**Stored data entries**
··········

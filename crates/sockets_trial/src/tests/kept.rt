//! Calls that use a connection that an earlier one left.

use super::{Act, CALL, Heard, LIMITS, ONE, Story, TWO, Watched, call, linked, listening, play};
use etcd_types::Bytes;
use outside::{AnswerEnd, CallKind};
use socket_limits::LinkLimits;
use std::alloc::Global;
use std::net::{Net, TcpListener, TcpStream};
use std::rt::Clock as Times;
use std::sync::Wait;
use std::test::Fail;
use std::thread;
use std::thread::Threads;
use std::time::Duration;

/// A call that writes: the answer that is wanted, how it is given back, and what the call is to come to.
#[derive(Clone, Copy)]
struct Row {
    wanted: &'static [u8],
    how: AnswerEnd,
    heard: Heard,
}

impl Row {
    fn new(wanted: &'static [u8], how: AnswerEnd, heard: Heard) -> Row {
        Row { wanted, how, heard }
    }

    /// A call whose answer comes, and is read whole.
    fn whole(wanted: &'static [u8]) -> Row {
        Row::new(wanted, AnswerEnd::Whole, Heard::Wanted)
    }
}

/// Makes these calls to the one member, one every 200 ms, and says how many of them came to what they are to.
fn called<R: Net<Stream = TcpStream> + Times + Wait + Eprint + Drop + Copy>(
    rt: R,
    alloc: Global,
    address: &Bytes,
    rows: &[Row],
) -> Result<usize, Fail> {
    let mut link = linked(rt, alloc, &[address], LIMITS)?;
    let mut count = 0usize;
    for row in rows {
        if call(&mut link, 1, CallKind::Writes, row.wanted, row.how) == row.heard {
            count = count.saturating_add(1);
        }
        thread::sleep(&rt, Duration::from_millis(200));
    }
    Ok(count)
}

/// A member that does these acts while calls are made to it: how many calls came to what they are to, and how many acts were done.
fn played<
    R: Net<Listener = TcpListener, Stream = TcpStream>
        + Wait
        + Times
        + Eprint
        + Threads
        + Drop
        + Copy
        + Send
        + 'static,
>(rt: R, alloc: Global, story: Story, rows: &[Row]) -> Result<(usize, usize), Fail> {
    let (listener, address) = listening(&rt, alloc)?;
    let handle = thread::spawn(&rt, move || -> usize { play(&rt, &listener, story) })?;
    let count = called(rt, alloc, &address, rows)?;
    Ok((count, handle.join(&rt)))
}

const THREE_CALLS: Story = Story {
    lots: &[&[
        Act::Hear(CALL),
        Act::Say(ONE),
        Act::Hear(CALL),
        Act::Say(b"tw"),
        Act::Rest(100),
        Act::Say(b"o"),
        Act::Hear(CALL),
        Act::Say(ONE),
    ]],
};

#[test]
fn calls_use_one_connection(rt: HostRuntime) -> Result<(), Fail> {
    let rows = [Row::whole(ONE), Row::whole(TWO), Row::whole(ONE)];
    assert_eq!(rt; played(rt, rt.alloc(), THREE_CALLS, &rows)?, (3, 8));
    Ok(())
}

const CLOSED: Story = Story {
    lots: &[
        &[Act::Hear(CALL), Act::Say(ONE)],
        &[Act::Hear(CALL), Act::Say(TWO)],
    ],
};

#[test]
fn a_connection_that_was_closed_is_not_used(rt: HostRuntime) -> Result<(), Fail> {
    let rows = [Row::whole(ONE), Row::whole(TWO)];
    assert_eq!(rt; played(rt, rt.alloc(), CLOSED, &rows)?, (2, 4));
    Ok(())
}

/// It talks behind the answer, and with it.
const TALKING: Story = Story {
    lots: &[
        &[
            Act::Hear(CALL),
            Act::Say(ONE),
            Act::Rest(100),
            Act::Say(ONE),
            Act::Gone,
        ],
        &[Act::Hear(CALL), Act::Say(b"one more"), Act::Gone],
        &[Act::Hear(CALL), Act::Say(TWO)],
    ],
};

#[test]
fn a_connection_that_says_more_than_was_asked_is_not_used(rt: HostRuntime) -> Result<(), Fail> {
    let rows = [Row::whole(ONE), Row::whole(ONE), Row::whole(TWO)];
    assert_eq!(rt; played(rt, rt.alloc(), TALKING, &rows)?, (3, 10));
    Ok(())
}

const CLOSING_OR_CUT: Story = Story {
    lots: &[
        &[Act::Hear(CALL), Act::Say(ONE), Act::Gone],
        &[Act::Hear(CALL), Act::Say(ONE), Act::Gone],
        &[Act::Hear(CALL), Act::Say(b"tw")],
        &[Act::Hear(CALL), Act::Say(ONE)],
    ],
};

#[test]
fn a_connection_is_dropped_that_is_to_be_closed_or_broke(rt: HostRuntime) -> Result<(), Fail> {
    let rows = [
        Row::new(ONE, AnswerEnd::Broken, Heard::Wanted),
        Row::new(ONE, AnswerEnd::TooLong, Heard::Wanted),
        Row::new(TWO, AnswerEnd::Whole, Heard::Other),
        Row::whole(ONE),
    ];
    assert_eq!(rt; played(rt, rt.alloc(), CLOSING_OR_CUT, &rows)?, (4, 10));
    Ok(())
}

const FAILING: Story = Story {
    lots: &[
        &[Act::Hear(CALL), Act::Say(ONE), Act::Hear(CALL)],
        &[Act::Hear(CALL), Act::Say(TWO)],
    ],
};

#[test]
fn a_call_that_failed_is_not_sent_again(rt: HostRuntime) -> Result<(), Fail> {
    // the second call came, and its connection was closed without an answer: a call that is sent again would have the third's
    let rows = [
        Row::whole(ONE),
        Row::new(TWO, AnswerEnd::Whole, Heard::Failed),
        Row::whole(TWO),
    ];
    assert_eq!(rt; played(rt, rt.alloc(), FAILING, &rows)?, (3, 5));
    Ok(())
}

const RESTING: Story = Story {
    lots: &[
        &[Act::Hear(CALL), Act::Say(ONE), Act::Gone],
        &[Act::Hear(CALL), Act::Say(TWO)],
    ],
};

#[test]
fn a_connection_that_rested_too_long_is_not_used(rt: HostRuntime) -> Result<(), Fail> {
    let alloc: Global = rt.alloc();
    let (listener, address) = listening(&rt, alloc)?;
    let handle = thread::spawn(&rt, move || -> usize { play(&rt, &listener, RESTING) })?;
    let mut link = linked(rt, alloc, &[&address], LIMITS)?;
    for wanted in [ONE, TWO] {
        let heard = call(&mut link, 1, CallKind::Writes, wanted, AnswerEnd::Whole);
        assert_eq!(rt; heard, Heard::Wanted);
        thread::sleep(&rt, Duration::from_millis(3_100));
    }
    assert_eq!(rt; handle.join(&rt), 5);
    Ok(())
}

/// Reads have two seconds here.
const SHORT_READS: LinkLimits = LinkLimits {
    read: 2_000,
    ..LIMITS
};

/// A read isn't answered on a connection on which a write was; a write is answered late on one on which a read was.
const MIXED: Story = Story {
    lots: &[
        &[Act::Hear(CALL), Act::Say(ONE), Act::Hear(CALL), Act::Gone],
        &[
            Act::Hear(CALL),
            Act::Say(ONE),
            Act::Hear(CALL),
            Act::Rest(2_500),
            Act::Say(TWO),
        ],
    ],
};

#[test]
fn each_call_on_a_connection_has_its_own_limit(rt: HostRuntime) -> Result<(), Fail> {
    let alloc: Global = rt.alloc();
    let (listener, address) = listening(&rt, alloc)?;
    let handle = thread::spawn(&rt, move || -> usize { play(&rt, &listener, MIXED) })?;
    let mut link = linked(rt, alloc, &[&address], SHORT_READS)?;
    let start = rt.monotonic()?;
    let rows = [
        (CallKind::Writes, ONE, Heard::Wanted),
        (CallKind::Reads, ONE, Heard::Failed),
        (CallKind::Reads, ONE, Heard::Wanted),
        (CallKind::Writes, TWO, Heard::Wanted),
    ];
    for (kind, wanted, heard) in rows {
        assert_eq!(rt; call(&mut link, 1, kind, wanted, AnswerEnd::Whole), heard);
    }
    assert!(rt; rt.monotonic()?.saturating_sub(start) < Duration::from_secs(15));
    assert_eq!(rt; handle.join(&rt), 9);
    Ok(())
}

/// It says something 150 ms behind its first answer, which nobody asked for.
const UNASKED: Story = Story {
    lots: &[
        &[
            Act::Hear(CALL),
            Act::Say(ONE),
            Act::Rest(150),
            Act::Say(ONE),
            Act::Gone,
        ],
        &[Act::Hear(CALL), Act::Say(TWO)],
    ],
};

#[test]
fn a_second_answer_is_not_the_next_calls(rt: HostRuntime) -> Result<(), Fail> {
    let alloc: Global = rt.alloc();
    // whichever reading of the clock takes so long that the second answer comes in the midst of the next call's sending
    for reading in 1..4 {
        let (listener, address) = listening(&rt, alloc)?;
        let handle = thread::spawn(&rt, move || -> usize { play(&rt, &listener, UNASKED) })?;
        let system = Watched::new(&rt);
        let mut link = linked(&system, alloc, &[&address], LIMITS)?;
        let first = call(&mut link, 1, CallKind::Writes, ONE, AnswerEnd::Whole);
        system.slow(reading);
        let next = call(&mut link, 1, CallKind::Writes, TWO, AnswerEnd::Whole);
        assert_eq!(rt; (first, next), (Heard::Wanted, Heard::Wanted), "{reading}");
        assert_eq!(rt; handle.join(&rt), 7, "{reading}");
    }
    Ok(())
}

··········

Up to and including the line with "is read whole.", output every line of the records above exactly, starting from the first; output nothing else.

filename crates/sockets_trial/src/tests/kept.rt
//! Calls that use a connection that an earlier one left.

use super::{Act, CALL, Heard, LIMITS, ONE, Story, TWO, Watched, call, linked, listening, play};
use etcd_types::Bytes;
use outside::{AnswerEnd, CallKind};
use socket_limits::LinkLimits;
use std::alloc::Global;
use std::net::{Net, TcpListener, TcpStream};
use std::rt::Clock as Times;
use std::sync::Wait;
use std::test::Fail;
use std::thread;
use std::thread::Threads;
use std::time::Duration;

/// A call that writes: the answer that is wanted, how it is given back, and what the call is to come to.
#[derive(Clone, Copy)]
struct Row {
    wanted: &'static [u8],
    how: AnswerEnd,
    heard: Heard,
}

impl Row {
    fn new(wanted: &'static [u8], how: AnswerEnd, heard: Heard) -> Row {
        Row { wanted, how, heard }
    }

    /// A call whose answer comes, and is read whole.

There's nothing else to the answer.